<<<<

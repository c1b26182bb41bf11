// Runs over memory: what they write, and what is said of them.
ghost use Rattle.std.specs.Prelude.{◌<◌};

use crate::panels::is_seated;
use std::alloc::{AllocError, Global};
use tetri_advice::{Advisor, Panel};
use tetri_greedy::{ByDeadline, ByWorth};
use tetri_io::{MemShelf, MemSink};
use tetri_run::{Status, Why, conclude, run, say};
use tetri_tables::{Given, Tally, edited, halves, text_in};
use tetri_trace::{Field, TraceWhy};

/// How a run is served: the names of its advisors, the bytes of a read and of a write at most, the bytes that there is room for, and
/// the reads and writes that fail.
#[derive(Drop)]
pub struct Service<'a> {
    pub advisors: &'a str,
    pub read_most: usize,
    pub write_most: usize,
    pub room: usize,
    pub reads: Vec<u64>,
    pub writes: Vec<u64>,
    ghost reads_some: { 0 < read_most },
    ghost writes_some: { 0 < write_most },
}

impl<'a> Service<'a> {
    /// Of short pieces, with room enough, and nothing that fails.
    pub fn new(alloc: Global, advisors: &'a str) -> Service<'a> {
        Service {
            advisors,
            read_most: 64,
            write_most: 7,
            room: 4_000_000,
            reads: Vec::new(alloc),
            writes: Vec::new(alloc),
        }
    }

    /// Of words as `read 1; write 2; piece 64; width 7; room 100`.
    pub fn of(alloc: Global, advisors: &'a str, limits: &str) -> Result<Service<'a>, AllocError> {
        let mut service = Service::new(alloc, advisors);
        for limit in limits.split("; ") {
            let (word, number) = limit.split_once(' ').unwrap_or((limit, ""));
            service.set(word, number.parse::<u64>().unwrap_or(0))?;
        }
        Ok(service)
    }

    // Takes a word of a row.
    fn set(&mut self, word: &str, number: u64) -> Result<(), AllocError> {
        let size = usize::try_from(number).unwrap_or(1);
        match word {
            "piece" => self.read_most = size.max(1),
            "width" => self.write_most = size.max(1),
            "room" => self.room = size.min(4_000_000),
            "read" => self.reads.push(number)?,
            "write" => self.writes.push(number)?,
            _ => {}
        }
        Ok(())
    }
}

/// What was written, and what is said of the status.
#[derive(Drop)]
pub struct Outcome {
    pub written: String,
    pub said: String,
}

fn words_of(alloc: Global, line: &str) -> Result<Vec<String>, AllocError> {
    let mut words = Vec::new(alloc);
    for word in line.split(' ') {
        words.push(String::from_str(alloc, word)?)?;
    }
    Ok(words)
}

// The line that is said of a status, without its line feed.
fn said_of(alloc: Global, status: &Status) -> Result<String, AllocError> {
    let mut sink = MemSink::new(alloc, 7, 1000, &[])?;
    match say(alloc, status, &mut sink) {
        Ok(()) => {
            let line = text_in(alloc, sink.written())?;
            String::from_str(alloc, line.as_str().trim_end_matches('\n'))
        }
        Err(_) => String::from_str(alloc, "cannot say it"),
    }
}

fn shelf_of(alloc: Global, given: &Given, service: &Service<'_>) -> Result<MemShelf, AllocError> {
    let mut shelf = MemShelf::new(alloc, service.read_most, &service.reads)?;
    shelf.put("trace", given.trace.as_bytes())?;
    shelf.put("report", given.report.as_bytes())?;
    Ok(shelf)
}

fn outcome_of(alloc: Global, sink: &MemSink, status: &Status) -> Result<Outcome, AllocError> {
    let written = text_in(alloc, sink.written())?;
    let said = said_of(alloc, status)?;
    Ok(Outcome { written, said })
}

/// Runs the words with the advisors that are named, in this order: `deadline` and `worth`.
pub fn run_words(
    alloc: Global,
    given: &Given,
    service: &Service<'_>,
    line: &str,
) -> Result<Outcome, AllocError> {
    let mut panel = Panel::new(alloc);
    for name in service.advisors.split(',') {
        let is_there = match name {
            "deadline" => {
                let one: Box<dyn Advisor> = Box::new(alloc, ByDeadline::new())?;
                is_seated(&mut panel, one)
            }
            "worth" => {
                let one: Box<dyn Advisor> = Box::new(alloc, ByWorth::new())?;
                is_seated(&mut panel, one)
            }
            _ => true,
        };
        if !is_there {
            return Err(AllocError);
        }
    }
    let words = words_of(alloc, line)?;
    let mut shelf = shelf_of(alloc, given, service)?;
    let mut sink = MemSink::new(alloc, service.write_most, service.room, &service.writes)?;
    let status = run(alloc, words.as_slice(), &mut shelf, &mut sink, &mut panel);
    outcome_of(alloc, &sink, &status)
}

// What a run with these advisors writes and says, one behind the other.
fn answer(alloc: Global, given: &Given, advisors: &str, line: &str) -> Result<String, AllocError> {
    let outcome = run_words(alloc, given, &Service::new(alloc, advisors), line)?;
    format!(in alloc; "{}{}", outcome.written, outcome.said)
}

fn check_answer(alloc: Global, given: &Given) -> Result<String, AllocError> {
    let answer = answer(alloc, given, "", "check trace report")?;
    String::from_str(alloc, answer.as_str().trim_end_matches('\n'))
}

/// A run of the words with nobody to advise writes the text.
pub fn made(
    alloc: Global,
    given: &Given,
    tally: &mut Tally,
    words: &str,
    body: &str,
) -> Result<(), AllocError> {
    let wanted = format!(in alloc; "{body}\n")?;
    let found = answer(alloc, given, "", words)?;
    tally.expect(given.trace.as_str(), found.as_str(), wanted.as_str())
}

/// The trace is planned with these advisors, and its report is the text, which is then accepted by a check.
pub fn plan(
    alloc: Global,
    given: &mut Given,
    tally: &mut Tally,
    advisors: &str,
    body: &str,
) -> Result<(), AllocError> {
    let wanted = format!(in alloc; "{body}\n")?;
    let found = answer(alloc, given, advisors, "plan trace")?;
    tally.expect(given.trace.as_str(), found.as_str(), wanted.as_str())?;
    given.report = wanted;
    accepted(alloc, given, tally)
}

/// The report is accepted, with each of its cycles.
pub fn accepted(alloc: Global, given: &Given, tally: &mut Tally) -> Result<(), AllocError> {
    let mut cycles = 0usize;
    for line in given.report.as_str().lines() {
        if line.starts_with("cycle ") {
            cycles = cycles.saturating_add(1);
        }
    }
    let accepted = format!(in alloc; "accepted {cycles}")?;
    check(alloc, given, tally, accepted.as_str())
}

/// The trace is not planned: nothing is written, and this is said.
pub fn no_plan(
    alloc: Global,
    given: &Given,
    tally: &mut Tally,
    wanted: &str,
) -> Result<(), AllocError> {
    let found = answer(alloc, given, "", "plan trace")?;
    tally.expect(given.trace.as_str(), found.as_str(), wanted)
}

/// This is the answer to a check of the report against the trace.
pub fn check(
    alloc: Global,
    given: &Given,
    tally: &mut Tally,
    wanted: &str,
) -> Result<(), AllocError> {
    let found = check_answer(alloc, given)?;
    tally.expect(given.report.as_str(), found.as_str(), wanted)
}

/// Rows `EDITS => ANSWER`: the answer to a check of the changed report.
pub fn forged(
    alloc: Global,
    given: &mut Given,
    tally: &mut Tally,
    body: &str,
) -> Result<(), AllocError> {
    let report = given.report.clone()?;
    for row in body.lines() {
        let (edits, wanted) = halves(row);
        given.report = edited(alloc, report.as_str(), edits)?;
        let found = check_answer(alloc, given)?;
        tally.expect(row, found.as_str(), wanted)?;
    }
    given.report = report;
    Ok(())
}

// Adds a text with `|` for a line feed.
fn add_barred(out: &mut String, text: &str) -> Result<(), AllocError> {
    for line in text.split_inclusive('\n') {
        match line.strip_suffix('\n') {
            Some(line) => write!(out, "{line}|")?,
            None => out.push_str(line)?,
        }
    }
    Ok(())
}

// What a run of `WORDS; WORD NUMBER; ..` says and writes.
fn failing_told(
    alloc: Global,
    given: &Given,
    advisors: &str,
    how: &str,
) -> Result<String, AllocError> {
    let (words, limits) = how.split_once("; ").unwrap_or((how, ""));
    let service = Service::of(alloc, advisors, limits)?;
    let outcome = run_words(alloc, given, &service, words)?;
    let mut found = format!(in alloc; "{}; ", outcome.said)?;
    add_barred(&mut found, outcome.written.as_str())?;
    Ok(found)
}

/// Rows `WORDS; WORD NUMBER; .. => SAID; WRITTEN`: what a run of the words with these advisors says and writes, with `|` for a line
/// feed, where reads and writes of these numbers fail.
pub fn failing(
    alloc: Global,
    given: &Given,
    tally: &mut Tally,
    advisors: &str,
    body: &str,
) -> Result<(), AllocError> {
    for row in body.lines() {
        let (how, wanted) = halves(row);
        let found = failing_told(alloc, given, advisors, how)?;
        tally.expect(row, found.as_str(), wanted)?;
    }
    Ok(())
}

const FIELDS: [Field; 25] = [
    Field::Nodes,
    Field::Window,
    Field::Budget,
    Field::Until,
    Field::Unit,
    Field::Closures,
    Field::At,
    Field::Arrive,
    Field::Cancel,
    Field::Drain,
    Field::Undrain,
    Field::Fail,
    Field::Late,
    Field::Strl,
    Field::Ask,
    Field::K,
    Field::Set,
    Field::Dur,
    Field::Value,
    Field::Deadline,
    Field::Prefer,
    Field::PreferSet,
    Field::PreferDur,
    Field::Class,
    Field::Elastic,
];

// What is said of a field that is missing.
fn missing_told(alloc: Global, field: Field) -> Result<String, AllocError> {
    let why = TraceWhy::MissingField(field);
    said_of(alloc, &Status::BadTrace { line: 1, why })
}

/// What is said where there is no memory, and then of each field that may be missing, one in each line.
pub fn words(alloc: Global, tally: &mut Tally, body: &str) -> Result<(), AllocError> {
    let mut found = said_of(alloc, &Status::NoMemory)?;
    for field in &FIELDS {
        let line = missing_told(alloc, *field)?;
        write!(found, "\n{line}")?;
    }
    tally.expect("words", found.as_str(), body)
}

// The status whose exit number this is.
fn status_of(number: u8) -> Status {
    match number {
        0 => Status::Done,
        1 => Status::Refused {
            line: 2,
            why: Why::Malformed,
        },
        2 => Status::Usage,
        3 => Status::ReadFault,
        4 => Status::WriteFault,
        5 => Status::BadTrace {
            line: 1,
            why: TraceWhy::NotJson,
        },
        _ => Status::NoMemory,
    }
}

// The exit number of a status, with what goes to the sink of errors.
fn ending_told(alloc: Global, status: &Status) -> Result<String, AllocError> {
    let mut errors = MemSink::new(alloc, 7, 1000, &[])?;
    let exit = conclude(alloc, status, &mut errors);
    let said = text_in(alloc, errors.written())?;
    format!(in alloc; "{exit} {}", said.as_str().trim_end_matches('\n'))
}

/// The exit number of each status with what goes to the sink of errors then, one in each line.
pub fn endings(alloc: Global, tally: &mut Tally, body: &str) -> Result<(), AllocError> {
    let mut found = String::new(alloc);
    for number in 0u8..7 {
        let line = ending_told(alloc, &status_of(number))?;
        write!(found, "{line}\n")?;
    }
    tally.expect("endings", found.as_str().trim_end_matches('\n'), body)
}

>>>>

[ASSIGNMENT] For each line of the entries that includes "where", show that line.

[RESPONSE BELOW]
/// feed, where reads and writes of these numbers fail.
/// What is said where there is no memory, and then of each field that may be missing, one in each line.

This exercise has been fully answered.